The rematch ensues .



VS



*THE REMATCH !!!!*


Location: Obito vs Mist Shinobi
State of Mind: IC, going for the kill
Starting Distance: *EDIT: 55 meters away*
Knowledge: Gaara knows about Deidara's Clay due to prior encounters, most notably C3. However, he is unaware of C4. Deidara knows about Gaara's sand due to prior encounters.
Restrictions: None
Additional Info: Deidara is alive with both his living and Edo feats alike, minus the infinite stamina and healing. He starts off on his Clay Owl. This is War Arc Gaara; however, Shukaku is not at his side. Both are at 100%.

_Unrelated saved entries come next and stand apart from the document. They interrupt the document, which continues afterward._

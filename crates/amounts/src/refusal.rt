// Why a call refuses: the fault's number in the table, its layer, and what it concerns.
ghost use Rattle.std.specs.Prelude.{◌≡◌};
ghost use Rattle.amounts.specs.Refusals.{layer_of, refusal_at, at_slot, before_next};

// The layer of the library that refuses.
#[derive(Clone, Copy, PartialEq, Eq, Debug)]
pub enum Layer {
    Record,
    Book,
    Ledger,
    List,
    Statement,
}

#[derive(Clone, Copy, PartialEq, Eq, Debug)]
pub struct Refusal {
    // The number in the fault table. It stays a number: staff look it up, files hold it, and `new` takes any.
    pub number: u8,
    pub layer: Layer,
    // The record's first byte, or the area of a reconciliation's figure, or 0.
    pub place: usize,
    // The lowest slot concerned.
    pub slot: Option<u8>,
    // Where the next record begins.
    pub next: Option<usize>,
}

// The layer of a fault, by its number.
fn layer_of(number: u8) -> Layer
    ensures { result ≡ layer_of number }
{
    match number {
        0..=1 | 15..=18 => Layer::Ledger,
        2..=10 => Layer::Record,
        11..=14 => Layer::Book,
        19..=21 => Layer::List,
        _ => Layer::Statement,
    }
}

impl Refusal {
    // The refusal of that number at a place, with no slot and no next record.
    pub fn new(number: u8, place: usize) -> Refusal
        ensures { result ≡ refusal_at number place }
    {
        Refusal {
            number,
            layer: layer_of(number),
            place,
            slot: None,
            next: None,
        }
    }

    // The same, concerning a slot.
    pub fn with_slot(self, slot: u8) -> Refusal
        ensures { result ≡ at_slot self slot }
    {
        Refusal {
            slot: Some(slot),
            ..self
        }
    }

    // The same, with the place where the next record begins.
    pub fn with_next(self, next: usize) -> Refusal
        ensures { result ≡ before_next self next }
    {
        Refusal {
            next: Some(next),
            ..self
        }
    }
}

Please provide a legitimate reason why either Shinobi wins, loses, or stalemates in this rematch.

*READY?! FIGHT   !!!!!! -RedChidori*


----------



## DaVizWiz (Nov 5, 2014)

> He starts off on his Clay Owl.


Does he ever start on the ground in your simulations?

Oh wait, we know how useless he is without his birds. Good call.

Gaara swallows him with gourd sand from this distance, Sai blitzed him from a similar distance.


----------



## RedChidori (Nov 5, 2014)

DaVizWiz said:


> Does he ever start on the ground in your simulations?
> 
> Oh wait, we know how useless he is without his birds. Good call.
> 
> Gaara swallows him with gourd sand from this distance, Sai blitzed him from a similar distance.



Distance increased .


----------



## Nikushimi (Nov 6, 2014)

Gaara's lack of knowledge of C4 here is damning.

Deidara kills him again.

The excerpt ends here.